Performances are all-around sparkling, a few of them quite impressive indeed; songs are catchy, their lyrics a mix of cleverness and four-letter-word raunch; a live band provides expert musical backup; and the cocktail-swigging, mostly female audience goes nearly as wild as they would at a bachelorette party. Still, whether or not you decide to see 50 Shades! The Musical, the often outrageously funny spoof of the phenomenally popular Fifty Shades Of Grey, will depend on your wiliness to pay as much as $85 a ticket for an under-90-minute show with all the production values of a Fringe Festival offering produced on the cheap, on the very cheap.

1 The creative team saves oodles of bucks by billing 50 Shades! The Musical as a parody of E.L. James’ mega-bestseller (and more specifically as “The Original Parody,” the better to distinguish it from its competitors Spank!

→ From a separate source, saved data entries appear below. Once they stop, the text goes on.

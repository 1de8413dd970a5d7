//! The laws.
ghost use Rattle.std.specs.Prelude.{◌≡◌, ℕ, Bool, true, false, List, ◌∷◌, ◌++◌, length};
ghost use Rattle.hr_rel.specs.declared.answer.Answer.{Answer};
ghost use Rattle.hr_engine.specs.declared.reply.RunReply.TheVariants.{Done};
ghost use Rattle.hr_history.specs.declared.cause.CauseAt.{CauseAt};
ghost use Rattle.hr_history.specs.declared.cause.CauseAt.TheVariants as cause;
ghost use Rattle.hr_history.specs.declared.cause.Why.{Why};
ghost use Rattle.hr_history.specs.declared.entry.Entry.{Entry};
ghost use Rattle.hr_history.specs.declared.entry.Event.TheVariants.{Give, Refuse};
ghost use Rattle.hr_history.specs.declared.job.JobReply.TheVariants.{Ran};
ghost use Rattle.hr_history.specs.History.{History};
ghost use Rattle.hr_history.specs.Transactions.{begun, phase_of, is_open};
ghost use Rattle.hr_history.specs.Turn.{turn_of};
ghost use Rattle.hr_history.specs.View.{view_of};
ghost use Rattle.hr_history.specs.Faithful.{Begun, Faithful};
ghost use Rattle.hr_records.specs.ByRule.{HasCause};
ghost use Rattle.hr_records.specs.Numbers.{IsBorn};
ghost use Rattle.hr_calls.specs.Callers.{AreFollowUps};
ghost use Rattle.hr_causes.specs.Causes.{IsShownDeadlock, IsShownMemory, IsShownChange, IsShownDifference, is_no_reply};
ghost use Rattle.hr_causes.specs.Endings.{ends};

/// A refusal for a Deadlock names the turn's call, by which the primary told of a cycle of waits. That is no evidence against
/// it: the cycle is one of waits that are recorded there.
pub fn deadlock()
    ensures { (f sessions caller t at : ℕ) (before : History) → Begun f sessions (record { caller = caller; event = Refuse t (cause.Deadlock at) } ∷ before) → IsShownDeadlock t at before }
{}

/// A refusal for want of memory names the turn's call, by which the primary told that it had none for the statement.
pub fn primary_memory()
    ensures { (f sessions caller t at : ℕ) (before : History) → Begun f sessions (record { caller = caller; event = Refuse t (cause.PrimaryMemory at) } ∷ before) → IsShownMemory t at before }
{}

/// A refusal because the primary went names the entry by which it did, in this turn, and why.
pub fn primary_changed()
    ensures { (f sessions caller t from at : ℕ) (because : Why) (before : History) → Begun f sessions (record { caller = caller; event = Refuse t (cause.PrimaryChanged from because at) } ∷ before)
        → IsShownChange from because at before }
{}

/// A refusal for the votes names an answer of a replica, by its place, and it is the first that isn't the one given.
pub fn difference()
    ensures { (f sessions caller t index by at : ℕ) (before : History) → Begun f sessions (record { caller = caller; event = Refuse t (cause.Differ index by at) } ∷ before) → IsShownDifference t index by at before }
{}

/// After each turn no transaction is open that has a cause to be refused: the cause brings the refusal.
pub fn causes_refuse()
    ensures { (f sessions t : ℕ) (c : CauseAt) (h : History) → Faithful f sessions h → HasCause (view_of f h) (turn_of h) t c → IsBorn (length (begun h)) t → is_open (phase_of t h) ≡ false }
{}

/// A transaction ends once: what is decided, refused or rolled back is never decided, refused or rolled back again.
pub fn ends_once()
    ensures { (f sessions t : ℕ) (last first : Entry) (more : List Entry) (before : History) → Begun f sessions (last ∷ more ++ first ∷ before) → ends t first.event ≡ true → ends t last.event ≡ false }
{}

/// An answer refuses nothing, and so no Failed one: in a turn whose call is an answer, a refusal is for the votes or for the
/// primary's going.
pub fn answers_refuse_nothing()
    ensures { (f sessions caller giver r t : ℕ) (answer : Answer) (c : CauseAt) (more : List Entry) (before : History)
        → Begun f sessions (record { caller = caller; event = Refuse t c } ∷ more ++ record { caller = giver; event = Give r (Ran (Done answer)) } ∷ before) → AreFollowUps more → is_no_reply c ≡ true }
{}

The 50 Shades Parody and Cuff Me The 50 Shades Unauthorized Parody).

As for what’s being parodied, you’d have to have been living under a rock over the past several years not to have heard of the trilogy of erotic novels (Fifty Shades Darker and Fifty Shades Freed are the sequels) depicting the sadomasochistic relationship of virginal college senior Anastasia “Ana” Steele and handsome young entrepreneur Christian Grey, who offers Ana a contract to become his partner in BDSM. (That’s Bondage, Discipline, Sadism, and Masochism for the uninitiated.)

11 50 Shades! The Musical (book by Albert Samuels, Amanda B. Davis, Emily Dorezas, Jody Shelton, and Ashley Ward) imagines a book club (Glennis McCarthy as Bev, Sheila O’Connor as Carol, and Tiffany Dissette as Pam), who pick James’ trilogy-opener over Martha Stewart and Anne Frank because face it, who needs more of Martha’s recipes and as for Anne’s diary, they can do without that downer of an ending, right?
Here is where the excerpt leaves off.